In mlindsk/molic: Multivariate Outlier Detection in Contingency Tables

Dermatitis

The UCI data set \texttt{dermatitis} [@altay] consist of

$366$ patients ($8$ with missing values)
$12$ clinical attributes (erythema, itching, scaling, etc.)
$21$ histopathological attributes (decrease of melanin, spongiosis, etc.)

and a class variable with six different skin diseases

psoriasis ($111$ patients)
seborrheic dermatitis ($60$ patients)
lichen planus ($71$ patients)
pityriasis rosea ($48$ patients)
chronic dermatitis ($48$ patients)
pityriasis rubra pilaris ($20$ patients)

Many of the classical machine learning algorithms have been applied to the dataset \texttt{dermatitis} [@liu2015fast]. They all achieve a prediction accuracy above $95\%$ and some even above $99\%$. But...:

The skin diseases share many common features
We have exclusive classes but possibly not exhaustive
What if a patient does not suffer from one of the six diseases
Classification forces us to label a patient with one and only one disease

Goal

Given a new patient $y$, we want to test the hypotheses

\begin{align} H_1: & y \text{ has psoriasis} \ H_2: & y \text{ has seborrheic dermatitis} \ H_3: & y \text{ has lichen planus} \ H_4: & y \text{ has pityriasis rosea} \ H_5: & y \text{ has chronic dermatitis} \ H_6: & y \text{ has pityriasis rubra pilaris} \end{align}

Since all hypotheses are exclusive we do not correct for multiple hypothesis testing (but the user can do this by setting the significance level accordingly).

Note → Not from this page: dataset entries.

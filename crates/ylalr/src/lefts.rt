//! The rows that the left sides of one state have: each is the row of all items of the left side
//! with the dot at 0.

ghost use Rattle.std.specs.Prelude.{ℕ, ◌≡◌, ◌<◌, ◌≤◌, Some, None, length, slice_index_or};
ghost use Rattle.std.specs.Prelude.{slice_set, IfOk};
ghost use Rattle.ysymbols.specs.Grammar.{left_of, most_symbols};
ghost use Rattle.ylalr.specs.ItemRows.{AreLefts, AreRows, TakesRow};
ghost use Rattle.ylalr.specs.Sets.{InRange};

use crate::items::Item;
use std::alloc::{AllocError, Global};
use std::marker::Model;
use ybitsets::rows::Rows;
use ysymbols::{Grammar, Sym, let_go};

/// For each symbol, the row of the items that it is the left side of; and a row of bits with the
/// symbols that have one, since a state has far fewer left sides than there are symbols.
pub struct Lefts {
    rows: Vec<Option<usize>>,
    used: Rows,
}

impl Drop for Lefts {
    fn drop(self) {
        let_go!(self: Lefts { rows, used });
    }
}

impl Model for Lefts {
    ghost use Rattle.std.specs.Prelude.{ℕ, List, Option};
    ghost use Rattle.ylalr.specs.ItemRows.{HasUsed};

    ghost Value = { List (Option ℕ) };

    ghost view = { λ l. l.rows.items };

    ghost invariant = { λ l. HasUsed l.rows.items l.used };
}

impl Lefts {
    /// No rows, for so many symbols. It fails only when memory runs out.
    pub fn new(alloc: Global, symbols: usize) -> Result<Lefts, AllocError>
        requires { symbols ≤ most_symbols }
        ensures { IfOk result (λ l. length l ≡ symbols) }
    {
        let rows = vec![in alloc; None; symbols]?;
        let used = Rows::new(alloc, 1, symbols)?;
        Ok(Lefts { rows, used })
    }

    /// A symbol after `s`, such that no symbol between has a row.
    fn after(&self, s: Sym) -> Sym
        requires { s < length self.now }
        ensures further { s < result }
        ensures within { result ≤ length self.now }
        ensures none { (k : ℕ) → s < k → k < result → slice_index_or self.now k None ≡ None }
    {
        if self.used.has(0, s) {
            s + 1
        } else {
            self.used.after(0, s)
        }
    }

    /// Forgets all rows.
    pub fn clear(&mut self)
        ensures sized { length self.new ≡ length self.old }
        ensures empty { (s : ℕ) → slice_index_or self.new s None ≡ None }
    {
        let mut s = 0;
        while s < self.rows.len() {
            self.rows[s] = None;
            s = self.after(s);
        }
        self.used.clear();
    }

    /// The row of the items with this left side, or `None` where it has no row.
    pub fn get(&self, s: Sym) -> Option<usize>
        requires { s < length self.now }
        ensures { result ≡ slice_index_or self.now s None }
    {
        self.rows[s]
    }

    /// Gives a row to a left side.
    fn set(&mut self, s: Sym, row: usize)
        requires { s < length self.old }
        ensures { self.new ≡ slice_set self.old s (Some row) }
    {
        self.used.mark(0, s);
        self.rows[s] = Some(row);
    }

    /// The row of an item: that of its left side, where the dot is at 0 and the left side has a
    /// row; or else `fresh`. The left side of an item with the dot at 0 then has that row.
    pub fn row_of(&mut self, grammar: &Grammar, item: Item, fresh: usize) -> usize
        requires sized { length self.old ≡ grammar.now.bare.symbols }
        requires rule { item.rule < length grammar.now.bare.rules }
        ensures { TakesRow grammar.now.bare item fresh self.old self.new result }
    {
        let _well_formed = grammar.symbols();
        if item.dot > 0 {
            return fresh;
        }
        let left = grammar.rule(item.rule).left();
        if let Some(row) = self.get(left) {
            return row;
        }
        self.set(left, fresh);
        fresh
    }

    /// Gives the left side of an item with the dot at 0 its row.
    fn note(&mut self, grammar: &Grammar, item: Item, row: usize)
        requires sized { length self.old ≡ grammar.now.bare.symbols }
        requires rule { item.rule < length grammar.now.bare.rules }
        ensures first { item.dot ≡ 0 →
            self.new ≡ slice_set self.old (left_of grammar.now.bare item.rule) (Some row) }
        ensures moved { 0 < item.dot → self.new ≡ self.old }
    {
        let _well_formed = grammar.symbols();
        if item.dot == 0 {
            self.set(grammar.rule(item.rule).left(), row);
        }
    }

    /// Gives each left side of a state the row of its items with the dot at 0.
    pub fn fill(&mut self, grammar: &Grammar, items: &[Item], rows: &[usize])
        requires sized { length self.old ≡ grammar.now.bare.symbols }
        requires range { InRange grammar.now.bare items.now }
        requires rows { AreRows grammar.now.bare items.now rows.now }
        ensures { AreLefts grammar.now.bare items.now rows.now self.new }
    {
        let _well_formed = grammar.symbols();
        self.clear();
        for k in 0..items.len() {
            self.note(grammar, items[k], rows[k]);
        }
    }
}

Modeling Attributes of Psoriasis

We first show how to test $H_1$. First extract the psoriasis data:

library(dplyr)
library(molic)
y     <- unlist(derma[80, -35]) # a patient with seboreic dermatitis
psor  <- derma %>%
  filter(ES == "psoriasis") %>%
  dplyr::select(-ES)

Next, we fit the interaction graph for the psoriasis patients:

library(ess)
g <- fit_graph(psor, q = 0, trace = FALSE)

We can color the nodes corresponding to clinical attributes (red), histopathological attributes (green) and the age variable (gray):

vs   <- names(adj_lst(g))
vcol <- structure(vector("character", length(vs)), names = vs)
vcol[grepl("c", vs)] <- "tomato"  # clinical attributes
vcol[grepl("h", vs)] <- "#98FB98" # histopathological attributes
vcol["age"]          <- "gray"    # age variable

plot(g, vcol, vertex.size = 10, vertex.label = NA)

The take home message here is, that we cannot assume independence between the attributes for the psoriasis patient as seen in the interaction graph - there are many associations.

Outlier Model for Psoriasis Patients

set.seed(300718)
m <- fit_outlier(psor, g, y)
print(m)

Notice that that the number of observations is $112$ even though we have only observed $111$ psoriasis patients. This is because, under the hypothesis, $H_1$, the new observation $y$ has psoriasis. The other summary statistics is self explanatory.

Plotting the Approximated Density of the Test Statistic

plot(m)

The red area is the critical region (here 5%) and the dotted line is the observed test statistic (the deviance) of $y$. Since the dotted line is outside the critical region, we cannot reject that $y$ has psoriasis.

Testing all Hypothesis Simultaneously

We can use the fit_multiple_models function to test all six hypothesis as follows.

set.seed(300718)
mm <- fit_multiple_models(derma, y, "ES", q = 0,trace = FALSE) 
plot(mm)

knitr::include_graphics("multiple_models.png")

Thus, we cannot reject that $y$ has either psoriasis, seboreic dermatitis or pityriasis rosea. This is conservative compared to classification methods and hence a little safer. The medical expert should proceed the investigation from here.